Collected data
● ● ● ● ●

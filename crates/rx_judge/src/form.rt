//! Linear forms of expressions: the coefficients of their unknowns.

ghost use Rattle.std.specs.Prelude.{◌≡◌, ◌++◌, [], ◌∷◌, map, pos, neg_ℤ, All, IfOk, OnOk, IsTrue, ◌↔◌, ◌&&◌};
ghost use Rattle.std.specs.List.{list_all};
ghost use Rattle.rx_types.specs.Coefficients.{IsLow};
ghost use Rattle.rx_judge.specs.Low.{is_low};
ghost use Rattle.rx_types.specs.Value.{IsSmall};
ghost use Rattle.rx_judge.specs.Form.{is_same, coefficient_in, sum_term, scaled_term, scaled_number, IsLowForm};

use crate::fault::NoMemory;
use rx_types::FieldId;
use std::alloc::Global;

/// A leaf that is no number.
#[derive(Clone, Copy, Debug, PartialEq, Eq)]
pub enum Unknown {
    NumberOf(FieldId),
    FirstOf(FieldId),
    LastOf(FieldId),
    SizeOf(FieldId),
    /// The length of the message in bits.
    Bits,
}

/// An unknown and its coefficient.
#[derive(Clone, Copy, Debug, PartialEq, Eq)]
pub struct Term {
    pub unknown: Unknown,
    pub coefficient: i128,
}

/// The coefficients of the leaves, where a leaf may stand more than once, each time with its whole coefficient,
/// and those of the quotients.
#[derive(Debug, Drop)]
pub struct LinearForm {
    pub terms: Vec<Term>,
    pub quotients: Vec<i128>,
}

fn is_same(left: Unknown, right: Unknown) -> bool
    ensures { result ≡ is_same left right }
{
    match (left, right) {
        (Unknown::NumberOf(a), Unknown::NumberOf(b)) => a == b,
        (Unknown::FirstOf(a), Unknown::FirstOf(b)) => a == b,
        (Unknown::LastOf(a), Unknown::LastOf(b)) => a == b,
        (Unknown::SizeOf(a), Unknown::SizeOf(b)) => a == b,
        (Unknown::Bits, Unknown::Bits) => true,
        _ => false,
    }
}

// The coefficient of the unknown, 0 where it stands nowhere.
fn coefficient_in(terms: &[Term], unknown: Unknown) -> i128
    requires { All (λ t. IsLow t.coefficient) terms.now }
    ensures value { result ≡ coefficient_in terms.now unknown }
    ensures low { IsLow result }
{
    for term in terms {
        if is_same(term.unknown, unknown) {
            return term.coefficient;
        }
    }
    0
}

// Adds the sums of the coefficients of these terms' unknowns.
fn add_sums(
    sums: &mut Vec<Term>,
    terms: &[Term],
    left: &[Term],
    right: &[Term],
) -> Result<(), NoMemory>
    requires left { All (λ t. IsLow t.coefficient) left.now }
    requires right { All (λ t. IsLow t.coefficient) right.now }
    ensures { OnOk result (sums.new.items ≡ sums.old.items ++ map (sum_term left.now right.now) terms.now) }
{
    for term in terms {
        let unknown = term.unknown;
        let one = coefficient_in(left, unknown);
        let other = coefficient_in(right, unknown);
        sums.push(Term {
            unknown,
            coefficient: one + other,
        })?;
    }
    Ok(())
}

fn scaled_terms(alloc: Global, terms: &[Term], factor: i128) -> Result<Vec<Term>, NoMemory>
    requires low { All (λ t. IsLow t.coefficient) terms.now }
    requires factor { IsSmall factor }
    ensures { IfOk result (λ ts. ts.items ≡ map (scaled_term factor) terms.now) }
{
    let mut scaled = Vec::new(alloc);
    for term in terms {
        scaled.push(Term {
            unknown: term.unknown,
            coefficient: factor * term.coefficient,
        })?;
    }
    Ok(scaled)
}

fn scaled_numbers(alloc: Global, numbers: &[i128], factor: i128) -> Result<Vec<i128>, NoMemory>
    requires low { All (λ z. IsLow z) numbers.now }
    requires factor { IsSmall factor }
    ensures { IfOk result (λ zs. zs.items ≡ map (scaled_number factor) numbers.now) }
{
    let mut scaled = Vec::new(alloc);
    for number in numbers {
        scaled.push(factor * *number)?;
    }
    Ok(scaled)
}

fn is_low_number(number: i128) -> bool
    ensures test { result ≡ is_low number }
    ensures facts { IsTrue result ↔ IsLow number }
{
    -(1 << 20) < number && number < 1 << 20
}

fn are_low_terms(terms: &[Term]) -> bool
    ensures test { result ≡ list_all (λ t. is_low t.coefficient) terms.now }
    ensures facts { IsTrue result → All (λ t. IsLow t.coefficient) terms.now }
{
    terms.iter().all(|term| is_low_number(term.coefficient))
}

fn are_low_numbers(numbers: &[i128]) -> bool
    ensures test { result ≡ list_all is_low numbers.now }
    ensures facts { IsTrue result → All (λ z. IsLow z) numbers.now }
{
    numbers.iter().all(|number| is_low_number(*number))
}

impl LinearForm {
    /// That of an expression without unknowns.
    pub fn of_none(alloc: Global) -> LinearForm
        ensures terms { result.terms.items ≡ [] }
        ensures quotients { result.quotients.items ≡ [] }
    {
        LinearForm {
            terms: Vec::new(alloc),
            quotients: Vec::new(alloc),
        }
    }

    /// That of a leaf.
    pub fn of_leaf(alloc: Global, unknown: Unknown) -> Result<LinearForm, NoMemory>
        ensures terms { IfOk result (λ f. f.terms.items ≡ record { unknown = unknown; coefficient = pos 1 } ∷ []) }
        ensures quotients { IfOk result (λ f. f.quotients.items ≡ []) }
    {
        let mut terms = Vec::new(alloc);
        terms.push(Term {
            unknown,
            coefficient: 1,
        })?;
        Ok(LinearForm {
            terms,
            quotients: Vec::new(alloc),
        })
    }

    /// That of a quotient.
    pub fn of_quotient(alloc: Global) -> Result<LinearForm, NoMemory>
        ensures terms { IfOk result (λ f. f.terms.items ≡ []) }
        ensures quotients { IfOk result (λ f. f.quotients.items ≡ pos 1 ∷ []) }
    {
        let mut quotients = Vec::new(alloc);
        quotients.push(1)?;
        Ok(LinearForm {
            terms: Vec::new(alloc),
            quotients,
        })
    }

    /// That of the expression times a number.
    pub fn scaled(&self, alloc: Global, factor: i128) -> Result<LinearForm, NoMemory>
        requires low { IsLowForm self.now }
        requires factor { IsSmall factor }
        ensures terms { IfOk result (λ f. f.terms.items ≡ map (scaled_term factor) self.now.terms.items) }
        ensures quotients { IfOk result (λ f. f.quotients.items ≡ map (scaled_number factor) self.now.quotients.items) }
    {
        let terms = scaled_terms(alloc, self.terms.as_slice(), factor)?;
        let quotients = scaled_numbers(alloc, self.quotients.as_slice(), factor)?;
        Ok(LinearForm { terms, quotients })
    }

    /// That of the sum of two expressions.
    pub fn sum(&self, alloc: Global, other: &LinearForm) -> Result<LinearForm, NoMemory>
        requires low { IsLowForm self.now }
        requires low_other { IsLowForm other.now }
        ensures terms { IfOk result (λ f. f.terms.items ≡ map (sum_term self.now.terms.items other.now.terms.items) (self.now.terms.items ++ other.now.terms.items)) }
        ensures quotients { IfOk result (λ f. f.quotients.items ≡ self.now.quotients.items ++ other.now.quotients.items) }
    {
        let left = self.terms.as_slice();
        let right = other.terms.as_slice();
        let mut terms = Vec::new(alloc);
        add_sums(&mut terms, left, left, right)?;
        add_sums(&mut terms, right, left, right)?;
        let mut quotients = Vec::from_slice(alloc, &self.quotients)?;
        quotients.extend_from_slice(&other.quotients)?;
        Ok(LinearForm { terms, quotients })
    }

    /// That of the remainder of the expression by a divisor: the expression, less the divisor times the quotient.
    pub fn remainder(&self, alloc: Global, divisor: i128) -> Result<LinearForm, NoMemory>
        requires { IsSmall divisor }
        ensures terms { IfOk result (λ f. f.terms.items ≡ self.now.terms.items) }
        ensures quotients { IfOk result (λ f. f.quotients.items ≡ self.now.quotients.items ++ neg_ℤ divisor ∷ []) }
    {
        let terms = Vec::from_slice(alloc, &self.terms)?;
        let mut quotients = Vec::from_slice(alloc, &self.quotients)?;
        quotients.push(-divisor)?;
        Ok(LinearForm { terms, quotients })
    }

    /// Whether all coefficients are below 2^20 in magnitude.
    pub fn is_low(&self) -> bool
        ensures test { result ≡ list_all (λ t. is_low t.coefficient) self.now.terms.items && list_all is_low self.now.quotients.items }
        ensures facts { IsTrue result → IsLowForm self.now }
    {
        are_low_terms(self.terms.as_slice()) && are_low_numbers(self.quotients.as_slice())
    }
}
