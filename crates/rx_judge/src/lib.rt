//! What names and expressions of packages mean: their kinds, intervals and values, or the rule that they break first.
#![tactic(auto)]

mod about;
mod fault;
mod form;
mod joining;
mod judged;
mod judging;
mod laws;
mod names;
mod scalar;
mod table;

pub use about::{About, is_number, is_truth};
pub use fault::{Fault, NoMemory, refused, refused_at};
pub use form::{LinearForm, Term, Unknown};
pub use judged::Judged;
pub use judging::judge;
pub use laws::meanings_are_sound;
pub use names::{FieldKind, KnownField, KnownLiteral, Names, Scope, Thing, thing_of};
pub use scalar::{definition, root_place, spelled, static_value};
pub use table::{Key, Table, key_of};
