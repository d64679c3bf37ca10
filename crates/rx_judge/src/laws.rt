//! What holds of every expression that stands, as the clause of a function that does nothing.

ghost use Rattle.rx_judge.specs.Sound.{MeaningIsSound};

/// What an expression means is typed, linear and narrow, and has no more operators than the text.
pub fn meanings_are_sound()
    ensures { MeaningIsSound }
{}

● ● ● ● ●

** Aim of the task **
Would you retype exactly the lines above, from the line with "use rx_types::FieldId;" to the line with "let other = coefficient_in(right, unknown);", with both end lines kept and nothing more?

** Exercise answer **
use rx_types::FieldId;
use std::alloc::Global;

/// A leaf that is no number.
#[derive(Clone, Copy, Debug, PartialEq, Eq)]
pub enum Unknown {
    NumberOf(FieldId),
    FirstOf(FieldId),
    LastOf(FieldId),
    SizeOf(FieldId),
    /// The length of the message in bits.
    Bits,
}

/// An unknown and its coefficient.
#[derive(Clone, Copy, Debug, PartialEq, Eq)]
pub struct Term {
    pub unknown: Unknown,
    pub coefficient: i128,
}

/// The coefficients of the leaves, where a leaf may stand more than once, each time with its whole coefficient,
/// and those of the quotients.
#[derive(Debug, Drop)]
pub struct LinearForm {
    pub terms: Vec<Term>,
    pub quotients: Vec<i128>,
}

fn is_same(left: Unknown, right: Unknown) -> bool
    ensures { result ≡ is_same left right }
{
    match (left, right) {
        (Unknown::NumberOf(a), Unknown::NumberOf(b)) => a == b,
        (Unknown::FirstOf(a), Unknown::FirstOf(b)) => a == b,
        (Unknown::LastOf(a), Unknown::LastOf(b)) => a == b,
        (Unknown::SizeOf(a), Unknown::SizeOf(b)) => a == b,
        (Unknown::Bits, Unknown::Bits) => true,
        _ => false,
    }
}

// The coefficient of the unknown, 0 where it stands nowhere.
fn coefficient_in(terms: &[Term], unknown: Unknown) -> i128
    requires { All (λ t. IsLow t.coefficient) terms.now }
    ensures value { result ≡ coefficient_in terms.now unknown }
    ensures low { IsLow result }
{
    for term in terms {
        if is_same(term.unknown, unknown) {
            return term.coefficient;
        }
    }
    0
}

// Adds the sums of the coefficients of these terms' unknowns.
fn add_sums(
    sums: &mut Vec<Term>,
    terms: &[Term],
    left: &[Term],
    right: &[Term],
) -> Result<(), NoMemory>
    requires left { All (λ t. IsLow t.coefficient) left.now }
    requires right { All (λ t. IsLow t.coefficient) right.now }
    ensures { OnOk result (sums.new.items ≡ sums.old.items ++ map (sum_term left.now right.now) terms.now) }
{
    for term in terms {
        let unknown = term.unknown;
        let one = coefficient_in(left, unknown);
        let other = coefficient_in(right, unknown);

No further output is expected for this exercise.